Combinations of the above may also be included within the scope of computer-readable storage media. Computer-executable instructions may include, for example, instructions and data configured to cause the processor 550 to perform a certain operation or group of operations.

Modifications, additions, or omissions may be made to the computing system 500 without departing from the scope of the present disclosure. For example, in some embodiments, the computing system 500 may include any number of other components that may not be explicitly illustrated or described.
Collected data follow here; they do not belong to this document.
impl<T: Ord + Drop, S: KeyHasher<T>, A: Allocator> SeqSet<T, S, A> {
    /// Creates an empty set without a table, which uses `hasher`. Takes no memory.
    pub fn with_hasher(alloc: A, hasher: S) -> Self
        ensures empty { result ≡ set_contents [] 0 hasher }
        ensures ascend { IsFiniteSet T.cmp result.elements }
    {
        SeqSet {
            map: SeqMap::with_hasher(alloc, hasher),
        }
    }

    /// Creates a set of the keys of `map`, with the table and the hasher of the map. Constant time. Takes no memory.
    ///
    /// The precondition that the keys ascend holds for every map: the contract of each of its calls says so.
    pub fn from_map(map: SeqMap<T, (), S, A>) -> Self
        requires ascend { IsFiniteMap T.cmp map.pairs }
        ensures keys { result ≡ keys_in map }
        ensures ascend { IsFiniteSet T.cmp result.elements }
    {
        SeqSet { map }
    }

    /// Returns a reference to the set's allocator.
    ///
    /// Constant time.
    pub fn allocator(&self) -> &A
        ensures ascend { IsFiniteSet T.cmp self.now.elements }
    {
        self.map.allocator()
    }

    /// Returns a reference to the set's hasher.
    ///
    /// Constant time.
    pub fn hasher(&self) -> &S
        ensures same { result.now ≡ self.now.hasher }
        ensures ascend { IsFiniteSet T.cmp self.now.elements }
    {
        self.map.hasher()
    }

    /// Returns the number of elements in the set.
    ///
    /// Constant time.
    pub fn len(&self) -> usize
        ensures elements { result ≡ length self.now.elements }
        ensures ascend { IsFiniteSet T.cmp self.now.elements }
        ensures few { result ≤ MAX_LEN }
    {
        self.map.len()
    }

    /// Returns `true` if the set has no elements.
    ///
    /// Constant time.
    pub fn is_empty(&self) -> bool
        ensures empty { result ≡ (length self.now.elements == 0) }
        ensures ascend { IsFiniteSet T.cmp self.now.elements }
    {
        self.map.is_empty()
    }

    /// Returns `true` if the set contains an element equal to `element`. One look-up.
    ///
    /// ```
    /// let mut set: SeqSet<u64> = SeqSet::new(rt.alloc());
    /// set.insert(37)?;
    /// assert!(rt; set.contains(&37));
    /// assert!(rt; !set.contains(&38));
    /// ```
    ///
    /// An element of the type `String` is found by a `&str` too, without a `String` made for it, as [`Query`](flurry_base::query::Query) tells.
    pub fn contains<Q: HashedQuery<T, S>>(&self, element: Q) -> bool
        ensures found { result ≡ is_some (element_at T.cmp self.now.elements (Q.stands_for element)) }
        ensures ascend { IsFiniteSet T.cmp self.now.elements }
    {
        self.map.contains_key(element)
    }

    /// Returns a reference to the `Arc` of the stored element that is equal to `element`, or `None` if there is none. One look-up.
    ///
    /// ```
    /// let mut set: SeqSet<u64> = SeqSet::new(rt.alloc());
    /// set.insert(37)?;
    /// assert_eq!(rt; set.get(&37).map(|element| **element), Some(37));
    /// assert!(rt; set.get(&38).is_none());
    /// ```
    pub fn get<Q: HashedQuery<T, S>>(&self, element: Q) -> Option<&Arc<T, A>>
        ensures element { option_map (λ x. arc_value x.now) result
            ≡ element_at T.cmp self.now.elements (Q.stands_for element) }
        ensures ascend { IsFiniteSet T.cmp self.now.elements }
    {
        let (stored, _) = self.map.get_key_value(element)?;
        Some(stored)
    }

    /// Removes the element equal to `element`, and returns `true` if there was one. The size of the table does not change.
    ///
    /// ```
    /// let mut set: SeqSet<u64> = SeqSet::new(rt.alloc());
    /// set.insert(37)?;
    /// assert!(rt; set.remove(&37));
    /// assert!(rt; !set.remove(&37));
    /// ```
    pub fn remove<Q: HashedQuery<T, S>>(&mut self, element: Q) -> bool
        ensures found { result ≡ is_some (element_at T.cmp self.old.elements (Q.stands_for element)) }
        ensures after { self.new ≡ set_with self.old (without_element T.cmp self.old.elements (Q.stands_for element)) }
        ensures ascend { IsFiniteSet T.cmp self.old.elements }
    {
        self.map.remove(element).is_some()
    }

    /// Removes the element equal to `element`, and returns it, or `None` if there is none. The size of the table does not change.
    pub fn take<Q: HashedQuery<T, S>>(&mut self, element: Q) -> Option<Arc<T, A>>
        ensures element { option_map arc_value result ≡ element_at T.cmp self.old.elements (Q.stands_for element) }
        ensures after { self.new ≡ set_with self.old (without_element T.cmp self.old.elements (Q.stands_for element)) }
        ensures ascend { IsFiniteSet T.cmp self.old.elements }
    {
        let (stored, _) = self.map.remove_entry(element)?;
        Some(stored)
    }

    /// Removes all elements. The size of the table does not change.
    ///
    /// Linear in the number of bins and elements.
    ///
    /// ```
    /// let mut set: SeqSet<u64> = SeqSet::new(rt.alloc());
    /// set.insert(37)?;
    /// set.clear();
    /// assert!(rt; set.is_empty());
    /// ```
    pub fn clear(&mut self)
        ensures after { self.new ≡ set_with self.old [] }
        ensures ascend { IsFiniteSet T.cmp self.old.elements }
    {
        self.map.clear();
    }

    /// Calls `f` once on each element, and keeps only the elements for which it returns `true`. The order of the calls is unspecified. The
    /// size of the table does not change.
    ///
    /// One call for each element, and as many steps again as the table has bins. Takes no memory.
    ///
    /// ```
    /// let mut set: SeqSet<u64> = SeqSet::new(rt.alloc());
    /// set.insert(37)?;
    /// set.insert(38)?;
    /// set.retain(|element: &u64| -> bool { *element % 2 == 0 });
    /// assert!(rt; !set.contains(&37));
    /// assert!(rt; set.contains(&38));
    /// ```
    pub fn retain<F: FnMut(&T) -> bool>(&mut self, mut f: F)
    where
        F: Drop,
        requires { F.IsAlwaysCallable f }
        ensures kept { RetainsElements F.step T.cmp f self.old self.new }
        ensures ascend { IsFiniteSet T.cmp self.old.elements }
    {
        self.map.retain(move |element: &T, _: &()| f(element));
    }

    /// Returns an iterator over the elements, each once, in unspecified order. It is as fast as [`SeqMap::iter`]. Takes no memory.
    ///
    /// ```
    /// let mut set: SeqSet<u64> = SeqSet::new(rt.alloc());
    /// set.insert(37)?;
    /// set.insert(38)?;
    /// let mut sum: u64 = 0;
    /// for element in set.iter() {
    ///     sum = sum.saturating_add(**element);
    /// }
    /// assert_eq!(rt; sum, 75);
    /// ```
    pub fn iter(&self) -> Keys<'_, T, (), A>
        ensures elements { IsPermutation self.now.elements result }
        ensures count { length result ≡ length self.now.elements }
        ensures ascend { IsFiniteSet T.cmp self.now.elements }
    {
        self.map.keys()
    }

    /// Returns `true` if no element of the set is equal to an element of `other`. At most one look-up for each element of the set.
    pub fn is_disjoint(&self, other: &Self) -> bool
        ensures disjoint { IsTrue result ↔ AreDisjoint T.cmp self.now.elements other.now.elements }
        ensures ascend { IsFiniteSet T.cmp self.now.elements × IsFiniteSet T.cmp other.now.elements }
    {
        if self.is_empty() | other.is_empty() {
            return true;
        }
        for element in self.iter() {
            if other.contains(element.as_ref()) {
                return false;
            }
        }
        true
    }

    /// Returns `true` if each element of the set is equal to an element of `other`. At most one look-up for each element of the set.
    pub fn is_subset(&self, other: &Self) -> bool
        ensures subset { IsTrue result ↔ IsSubset T.cmp self.now.elements other.now.elements }
        ensures ascend { IsFiniteSet T.cmp self.now.elements × IsFiniteSet T.cmp other.now.elements }
    {
        if other.is_empty() {
            return self.is_empty();
        }
        for element in self.iter() {
            if !other.contains(element.as_ref()) {
                return false;
            }
        }
        true
    }

    /// Returns `true` if each element of `other` is equal to an element of the set. At most one look-up for each element of `other`.
    pub fn is_superset(&self, other: &Self) -> bool
        ensures superset { IsTrue result ↔ IsSubset T.cmp other.now.elements self.now.elements }
        ensures ascend { IsFiniteSet T.cmp self.now.elements × IsFiniteSet T.cmp other.now.elements }
    {
        other.is_subset(self)
    }
}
The foregoing disclosure is not intended to limit the present disclosure to the precise forms or particular fields of use disclosed. As such, it is contemplated that various alternate embodiments and/or modifications to the present disclosure, whether explicitly described or implied herein, are possible in light of the disclosure. Having thus described embodiments of the present disclosure, it may be recognized that changes may be made in form and detail without departing from the scope of the present disclosure. Thus, the present disclosure is limited only by the claims.

In some embodiments, the different components, modules, engines, and services described herein may be implemented as objects or processes that execute on a computing system (e.g., as separate threads). While some of the systems and methods described herein are generally described as being implemented in software (stored on and/or executed by general purpose hardware), specific hardware implementations or a combination of software and specific hardware implementations are also possible and contemplated.

In accordance with common practice, the various features illustrated in the drawings may not be drawn to scale. The illustrations presented in the present disclosure are not meant to be actual views of any particular apparatus (e.g., device, system, etc.) or method, but are merely idealized representations that are employed to describe various embodiments of the disclosure. Accordingly, the dimensions of the various features may be arbitrarily expanded or reduced for clarity. In addition, some of the drawings may be simplified for clarity. Thus, the drawings may not depict all of the components of a given apparatus (e.g., device) or all operations of a particular method.

Terms used herein and especially in the appended claims (e.g., bodies of the appended claims) are generally intended as “open” terms (e.g., the term “including” should be interpreted as “including, but not limited to,” the term “having” should be interpreted as “having at least,” the term “includes” should be interpreted as “includes, but is not limited to,” etc.).

Additionally, if a specific number of an introduced claim recitation is intended, such an intent will be explicitly recited in the claim, and in the absence of such recitation no such intent is present. For example, as an aid to understanding, the following appended claims may contain usage of the introductory phrases “at least one” and “one or more” to introduce claim recitations. However, the use of such phrases should not be construed to imply that the introduction of a claim recitation by the indefinite articles “a” or “an” limits any particular claim containing such introduced claim recitation to embodiments containing only one such recitation, even when the same claim includes the introductory phrases “one or more” or “at least one” and indefinite articles such as “a” or “an” (e.g., “a” and/or “an” should be interpreted to mean “at least one” or “one or more”); the same holds true for the use of definite articles used to introduce claim recitations.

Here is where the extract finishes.